**Data entries**
◇ ◇ ◇ ◇ ◇ ◇ ◇

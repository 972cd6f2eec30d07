// A count of 128 bits as one number to round.
ghost use Rattle.std.specs.Prelude.{◌≡◌, ◌+◌, ◌^◌, ◌<◌, pos, neg_ℤ, ◌<ℤ◌, ⊤, unsigned_abs};
ghost use Rattle.rounding.specs.Beside.{beside_below};
ghost use Rattle.std.proofs.Common.{rules};

use crate::WideRoundable;

impl WideRoundable for i128 {
    ghost value = { λ x. x };

    ghost room = { λ x n. unsigned_abs x + unsigned_abs n < 2 ^ 127 };

    ghost held = { λ z. unsigned_abs z < 2 ^ 127 };

    ghost formed = { λ _. ⊤ };

    ghost reached = { λ x n z _. beside_below (unsigned_abs x) (unsigned_abs n) (unsigned_abs z) (2 ^ 127) };

    ghost may_turn = { Prim.search rules };

    ghost turned = { Prim.search rules };

    ghost narrow = { Prim.search rules };

    fn wide_worth(self) -> i128 {
        self
    }

    fn of_wide_worth(worth: i128) -> i128 {
        worth
    }
}
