// Calls by a caller who knows a number type's limit alone, with answers worked out by hand.
ghost use Rattle.std.specs.Prelude.{◌≡◌, ◌+◌, ◌<◌, pos, ◌<ℤ◌, unsigned_abs};
ghost use Rattle.rounding.specs.Rounding.{rounded_to};

use crate::{IncrementRounder, Roundable, RoundingMode, WideRounder};
use clock::Timespec;
use std::test::Fail;

// At any number type with a limit.
fn round_limited<N: Roundable>(number: N, step: N, mode: RoundingMode) -> N
    requires holds { pos 0 <ℤ N.Roundable.value step }
    requires room { unsigned_abs (N.Roundable.value number) + unsigned_abs (N.Roundable.value step) < N.Roundable.limit }
    ensures value { N.Roundable.value result ≡ rounded_to mode (N.Roundable.value number) (unsigned_abs (N.Roundable.value step)) }
    ensures formed { N.Roundable.formed result }
{
    IncrementRounder::from_signed_num(number, step).round(mode)
}

// Twice what a number is worth, for which there is room by the bound on a worth.
fn doubled<N: Roundable>(number: N) -> i128 {
    number.worth() * 2
}

#[test]
fn rounds_below_a_limit(rt: HostRuntime) -> Result<(), Fail> {
    assert_eq!(rt; round_limited(25_i64, 10, RoundingMode::HalfEven), 20);
    assert_eq!(rt; round_limited(-25_i64, 10, RoundingMode::HalfExpand), -30);
    assert_eq!(rt; round_limited(-25_i64, 10, RoundingMode::Ceil), -20);
    let number = Timespec {
        seconds: -2,
        nanos: 500_000_000,
    };
    let second = Timespec {
        seconds: 1,
        nanos: 0,
    };
    let rounder = IncrementRounder::from_signed_num(number, second);
    assert!(rt; !rounder.positive, "a pair below zero");
    let copy = rounder.clone()?;
    let down = copy.round(RoundingMode::Floor);
    assert_eq!(rt; (down.seconds, down.nanos), (-2, 0));
    assert_eq!(rt; doubled(number), -3_000_000_000);
    let pair: Timespec = Roundable::of_worth(-1_500_000_000);
    assert_eq!(rt; (pair.seconds, pair.nanos), (-2, 500_000_000));
    let count: i64 = Roundable::of_worth(-42);
    assert_eq!(rt; doubled(count), -84);
    Ok(())
}

#[test]
fn rounds_wide_counts(rt: HostRuntime) {
    let number = -3 * 2_i128.pow(120) - 1;
    let step = 2_i128.pow(121);
    let rounder = WideRounder::from_signed_num(number, step);
    assert_eq!(rt; rounder.round(RoundingMode::HalfExpand), -2 * step);
}
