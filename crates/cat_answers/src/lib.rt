//! What reading calls answer on a catalogue at one place of its log: the model's answer at its
//! state, page by page, a refusal with its cause, or want of memory. Nothing is changed.
#![tactic(auto)]

mod answering;
mod histories;
mod keyed;
mod listing;
mod turning;

pub use answering::answer;
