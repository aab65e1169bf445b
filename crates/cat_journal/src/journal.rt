//! A keeper on a disk.
ghost use Rattle.std.specs.Prelude.{ℕ, List, [], ◌∷◌, ◌++◌, None, Some, ◌≡◌, ◌≢◌, ◌<◌, ◌≤◌, ◌+◌, ◌^◌, length, vec_capacity, Ok, IfOk, IfErr, IfSome, MatchResult, true};
ghost use Rattle.std.proofs.Props.{props};
ghost use Rattle.cat_io.specs.Causes.{Rose};
ghost use Rattle.cat_io.specs.Crashes.{put, LeavesOnly, Told, Only};
ghost use Rattle.cat_keeper.specs.Keeping.{WithOrWithout, is_format};
ghost use Rattle.cat_journal.specs.Frames.{form_gate, format_by, max_entries, payload_of, recovered, new_journal, frame as frame_of};
ghost use Rattle.cat_journal.specs.Held.{held_count, outcome, Holds, IsHeld-prop, IsSafe, IsSafe-prop, IsTorn, IsTorn-prop};
ghost use Rattle.cat_journal.specs.Reading.{OnlyReads, OpensOnly, IsFaultOf};

use crate::append::{append_frame, persist};
use crate::fault::OpenFault;
use crate::opening::{format_of, load};
use crate::points::Points;
use crate::read_ahead::ReadAhead;
use crate::reading::read_payload;
use cat_codes::bytes::Bytes;
use cat_codes::fault::NoMemory;
use cat_io::Disk;
use cat_keeper::{KeepFault, Keeper};
use std::alloc::Global;
use std::marker::Send;

/// A journal.
#[derive(Drop)]
pub struct Journal<D: Disk> {
    pub(crate) disk: ReadAhead<D>,
    /// 1 or 2.
    pub(crate) format: u32,
    points: Points,
    /// Room for a frame; while the journal is down, the one whose append or rebase failed.
    frame: Vec<u8>,
    down: Option<u64>,
    ghost formed: { IfSome (D.told disk) (λ bytes. format_by (form_gate bytes) ≡ format) } by { Prim.hlevel props },
    ghost held: { IfSome (D.told disk) (Holds points) } by { Prim.hlevel (IsHeld-prop, props) },
    ghost safe: { down ≡ None → IfSome (D.told disk) (IsSafe (held_count points) points.end (D.may_leave disk)) } by { Prim.hlevel (IsSafe-prop, props) },
    ghost torn: { (c : ℕ) → down ≡ Some c → IfSome (D.told disk) (IsTorn (held_count points) points.end (payload_of frame.items) (D.may_leave disk)) } by { Prim.hlevel (IsTorn-prop, props) },
    ghost fits: { points.end + 1 < 2 ^ 64 },
    ghost room: { held_count points ≤ points.end },
    ghost few: { length points.gates.items ≤ max_entries },
    ghost known: { is_format format ≡ true },
}

/// A frame and the next gate, closed.
fn spell(out: &mut Vec<u8>, payload: &[u8])
    requires room { length payload.now + 5 ≤ vec_capacity out.old }
    requires short { length payload.now < 2 ^ 32 }
    ensures { out.new.items ≡ frame_of payload.now ++ 0 ∷ [] }
{
    out.clear();
    let size = (payload.len() as u32).to_be_bytes();
    let _ = out.extend_from_slice(&size);
    let _ = out.extend_from_slice(payload);
    out.push_reserved(0);
}
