//! The commits of a history, with what they changed.

ghost use Rattle.std.specs.Prelude.{◌≡◌, IfOk, map};
ghost use Rattle.std.specs.Option.{option_copied};
ghost use Rattle.cat_graph.specs.Linked.{values};
ghost use Rattle.cat_model.specs.Answer as answers;

use cat_codes::fault::NoMemory;
use cat_codes::seq::Seq;
use cat_model::commit::Commit;
use cat_model::content::Content;
use cat_model::copies::copy_content;
use cat_model::entry::Entry;
use cat_model::reply::{Change, HistoryItem};
use cat_names::hash::Hash;
use cat_names::key::ContentKey;
use cat_state::contents::find_content;
use cat_state::copies::copy_meta;
use cat_tables::table::Table;
use std::alloc::Global;

/// A copy of a content that may be missing.
fn copy_found(content: Option<&Content>) -> Result<Option<Content>, NoMemory>
    ensures { IfOk result (λ copy. copy ≡ option_copied content.entry) }
{
    match content {
        None => Ok(None),
        Some(content) => Ok(Some(copy_content(content)?)),
    }
}

/// A change of a commit, with the content of its entry where the catalogue holds it.
fn change_of(
    contents: &Table<Content>,
    change: &(ContentKey, Option<Entry>),
) -> Result<Change, NoMemory>
    ensures { IfOk result (λ told. told ≡ answers.change_of contents.now change.now) }
{
    let key = change.0.clone()?;
    match &change.1 {
        None => Ok(Change::Delete(key)),
        Some(entry) => {
            let content = copy_found(find_content(contents, &entry.hash))?;
            Ok(Change::Put(key, content))
        }
    }
}

fn changes_of(
    alloc: Global,
    contents: &Table<Content>,
    ops: &[(ContentKey, Option<Entry>)],
) -> Result<Seq<Change>, NoMemory>
    ensures { IfOk result (λ changes. changes ≡ map (answers.change_of contents.now) ops.now) }
{
    let mut changes = Seq::new(alloc);
    for op in ops {
        changes.push(change_of(contents, op)?)?;
    }
    Ok(changes)
}

/// The changes of a commit, where they are asked for.
fn operations_of(
    alloc: Global,
    contents: &Table<Content>,
    with_operations: bool,
    commit: &Commit,
) -> Result<Option<Seq<Change>>, NoMemory>
    ensures { IfOk result
        (λ changes. changes ≡ answers.operations_of contents.now with_operations commit.now) }
{
    if !with_operations {
        return Ok(None);
    }
    Ok(Some(changes_of(alloc, contents, commit.ops.as_slice())?))
}

#[tactic(auto, unfolding(cat_model::specs::Answer::history_item))]
fn history_item(
    alloc: Global,
    contents: &Table<Content>,
    with_operations: bool,
    hash: &Hash,
    commit: &Commit,
) -> Result<HistoryItem, NoMemory>
    ensures { IfOk result
        (λ item. item
        ≡ answers.history_item contents.now with_operations (hash.now, commit.now)) }
{
    let meta = copy_meta(&commit.meta)?;
    let operations = operations_of(alloc, contents, with_operations, commit)?;
    Ok(HistoryItem {
        hash: *hash,
        parent: commit.parent,
        merge_parent: commit.merge_parent,
        time: commit.time,
        meta,
        operations,
    })
}

/// The commits, each as an item of a history.
pub(crate) fn history_items(
    alloc: Global,
    contents: &Table<Content>,
    with_operations: bool,
    commits: &[(&Hash, &Commit)],
) -> Result<Seq<HistoryItem>, NoMemory>
    ensures { IfOk result
        (λ items. items
        ≡ map (answers.history_item contents.now with_operations) (values commits.now)) }
{
    let mut items = Seq::new(alloc);
    for (hash, commit) in commits {
        items.push(history_item(alloc, contents, with_operations, *hash, *commit)?)?;
    }
    Ok(items)
}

◇ ◇ ◇ ◇ ◇ ◇ ◇

All lines above holding the word "formed" make up the answer; copy each one.

    ghost formed = { λ _. ⊤ };
    ensures formed { N.Roundable.formed result }
    ghost formed: { IfSome (D.told disk) (λ bytes. format_by (form_gate bytes) ≡ format) } by { Prim.hlevel props },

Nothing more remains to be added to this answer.